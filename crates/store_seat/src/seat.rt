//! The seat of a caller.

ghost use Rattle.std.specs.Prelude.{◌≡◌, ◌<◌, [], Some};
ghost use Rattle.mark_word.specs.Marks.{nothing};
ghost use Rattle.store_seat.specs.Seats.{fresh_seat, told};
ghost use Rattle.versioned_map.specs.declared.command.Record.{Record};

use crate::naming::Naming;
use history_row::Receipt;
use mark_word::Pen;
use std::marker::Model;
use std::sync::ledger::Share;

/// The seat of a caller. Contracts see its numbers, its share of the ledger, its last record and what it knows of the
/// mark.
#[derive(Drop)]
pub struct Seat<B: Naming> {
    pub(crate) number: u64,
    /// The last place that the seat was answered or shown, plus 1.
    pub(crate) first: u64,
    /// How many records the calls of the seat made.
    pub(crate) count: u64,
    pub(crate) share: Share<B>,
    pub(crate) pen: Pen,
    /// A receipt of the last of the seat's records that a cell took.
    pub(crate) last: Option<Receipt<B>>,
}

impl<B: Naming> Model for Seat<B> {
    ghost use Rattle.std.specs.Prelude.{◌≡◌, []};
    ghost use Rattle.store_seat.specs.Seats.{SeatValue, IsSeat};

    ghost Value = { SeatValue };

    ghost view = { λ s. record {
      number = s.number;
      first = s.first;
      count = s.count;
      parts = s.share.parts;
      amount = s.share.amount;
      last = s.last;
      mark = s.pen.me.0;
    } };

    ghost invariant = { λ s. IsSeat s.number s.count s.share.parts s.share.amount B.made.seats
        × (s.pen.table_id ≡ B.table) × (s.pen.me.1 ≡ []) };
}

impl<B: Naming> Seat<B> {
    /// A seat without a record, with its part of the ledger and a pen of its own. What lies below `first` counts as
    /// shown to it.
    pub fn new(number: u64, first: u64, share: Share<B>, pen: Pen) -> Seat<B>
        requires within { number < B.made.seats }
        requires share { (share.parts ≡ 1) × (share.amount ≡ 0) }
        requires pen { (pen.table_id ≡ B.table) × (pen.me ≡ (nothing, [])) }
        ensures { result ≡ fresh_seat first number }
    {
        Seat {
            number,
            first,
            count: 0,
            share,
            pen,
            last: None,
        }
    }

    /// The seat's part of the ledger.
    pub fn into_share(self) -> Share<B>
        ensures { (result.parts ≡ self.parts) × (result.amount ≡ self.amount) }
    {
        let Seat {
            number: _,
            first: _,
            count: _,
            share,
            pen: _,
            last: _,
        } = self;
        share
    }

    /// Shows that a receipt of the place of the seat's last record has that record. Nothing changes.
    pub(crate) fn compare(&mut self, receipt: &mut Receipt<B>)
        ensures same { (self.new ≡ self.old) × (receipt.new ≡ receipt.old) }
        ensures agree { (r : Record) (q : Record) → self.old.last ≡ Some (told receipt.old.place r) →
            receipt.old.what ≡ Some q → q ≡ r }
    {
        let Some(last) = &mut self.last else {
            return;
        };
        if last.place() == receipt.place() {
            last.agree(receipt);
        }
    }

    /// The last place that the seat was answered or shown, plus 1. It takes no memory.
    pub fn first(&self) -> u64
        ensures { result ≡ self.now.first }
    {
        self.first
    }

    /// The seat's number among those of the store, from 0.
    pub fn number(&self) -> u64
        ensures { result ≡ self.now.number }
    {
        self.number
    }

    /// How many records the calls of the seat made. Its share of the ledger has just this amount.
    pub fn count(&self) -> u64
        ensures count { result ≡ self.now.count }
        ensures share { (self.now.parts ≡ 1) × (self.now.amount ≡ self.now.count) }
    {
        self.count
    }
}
---
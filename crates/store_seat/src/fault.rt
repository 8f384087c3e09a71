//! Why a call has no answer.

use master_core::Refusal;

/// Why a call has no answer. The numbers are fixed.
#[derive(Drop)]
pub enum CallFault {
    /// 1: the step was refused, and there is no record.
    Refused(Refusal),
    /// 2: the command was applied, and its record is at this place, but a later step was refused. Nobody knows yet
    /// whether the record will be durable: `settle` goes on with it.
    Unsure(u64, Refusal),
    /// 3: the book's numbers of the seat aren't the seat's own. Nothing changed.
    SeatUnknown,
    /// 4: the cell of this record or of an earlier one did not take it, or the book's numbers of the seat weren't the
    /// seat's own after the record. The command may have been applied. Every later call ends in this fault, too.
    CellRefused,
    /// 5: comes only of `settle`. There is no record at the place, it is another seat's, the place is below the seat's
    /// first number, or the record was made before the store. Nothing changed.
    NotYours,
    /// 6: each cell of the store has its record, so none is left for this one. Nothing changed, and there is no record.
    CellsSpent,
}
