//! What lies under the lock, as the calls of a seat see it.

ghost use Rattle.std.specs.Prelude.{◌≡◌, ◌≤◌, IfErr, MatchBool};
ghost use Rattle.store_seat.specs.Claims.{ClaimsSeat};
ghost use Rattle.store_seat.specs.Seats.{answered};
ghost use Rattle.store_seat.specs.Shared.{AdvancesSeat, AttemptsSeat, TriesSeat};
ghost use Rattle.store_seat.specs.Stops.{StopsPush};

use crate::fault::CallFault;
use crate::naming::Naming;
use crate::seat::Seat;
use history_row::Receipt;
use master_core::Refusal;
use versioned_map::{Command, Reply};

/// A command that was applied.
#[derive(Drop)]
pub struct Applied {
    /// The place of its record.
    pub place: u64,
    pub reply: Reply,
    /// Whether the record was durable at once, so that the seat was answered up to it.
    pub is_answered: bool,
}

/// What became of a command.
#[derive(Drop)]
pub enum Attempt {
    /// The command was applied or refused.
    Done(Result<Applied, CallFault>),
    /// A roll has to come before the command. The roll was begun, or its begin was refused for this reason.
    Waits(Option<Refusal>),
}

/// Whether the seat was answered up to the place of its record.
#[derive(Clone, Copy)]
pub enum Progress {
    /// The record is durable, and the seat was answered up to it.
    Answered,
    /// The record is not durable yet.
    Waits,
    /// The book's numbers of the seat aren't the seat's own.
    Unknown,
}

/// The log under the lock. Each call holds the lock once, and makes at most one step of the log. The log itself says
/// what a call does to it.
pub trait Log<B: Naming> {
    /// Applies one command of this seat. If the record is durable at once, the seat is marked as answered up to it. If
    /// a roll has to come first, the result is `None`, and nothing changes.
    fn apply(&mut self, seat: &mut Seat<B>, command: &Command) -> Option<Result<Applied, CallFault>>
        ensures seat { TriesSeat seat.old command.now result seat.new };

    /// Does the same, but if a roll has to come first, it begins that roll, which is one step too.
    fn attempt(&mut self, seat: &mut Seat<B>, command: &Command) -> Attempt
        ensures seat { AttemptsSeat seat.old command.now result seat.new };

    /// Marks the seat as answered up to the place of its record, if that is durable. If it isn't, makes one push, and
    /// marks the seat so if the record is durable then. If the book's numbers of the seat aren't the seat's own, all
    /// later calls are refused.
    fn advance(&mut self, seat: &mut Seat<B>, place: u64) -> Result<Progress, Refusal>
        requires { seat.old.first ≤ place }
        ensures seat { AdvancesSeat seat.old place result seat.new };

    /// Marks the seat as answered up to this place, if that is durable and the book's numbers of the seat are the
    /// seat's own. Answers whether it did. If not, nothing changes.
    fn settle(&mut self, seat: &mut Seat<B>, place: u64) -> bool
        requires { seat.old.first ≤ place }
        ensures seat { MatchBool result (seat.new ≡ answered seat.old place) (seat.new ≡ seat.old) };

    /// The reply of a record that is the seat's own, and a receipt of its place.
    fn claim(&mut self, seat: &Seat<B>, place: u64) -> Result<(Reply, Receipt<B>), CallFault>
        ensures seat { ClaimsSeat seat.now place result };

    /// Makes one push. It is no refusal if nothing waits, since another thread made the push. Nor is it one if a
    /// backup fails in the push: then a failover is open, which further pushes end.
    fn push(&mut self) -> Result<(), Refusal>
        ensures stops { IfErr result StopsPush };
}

**Task statement**
Your answer should consist of each line of the data above in which the word "ClaimsSeat" occurs.

**Exercise output**
ghost use Rattle.store_seat.specs.Claims.{ClaimsSeat};
        ensures seat { ClaimsSeat seat.now place result };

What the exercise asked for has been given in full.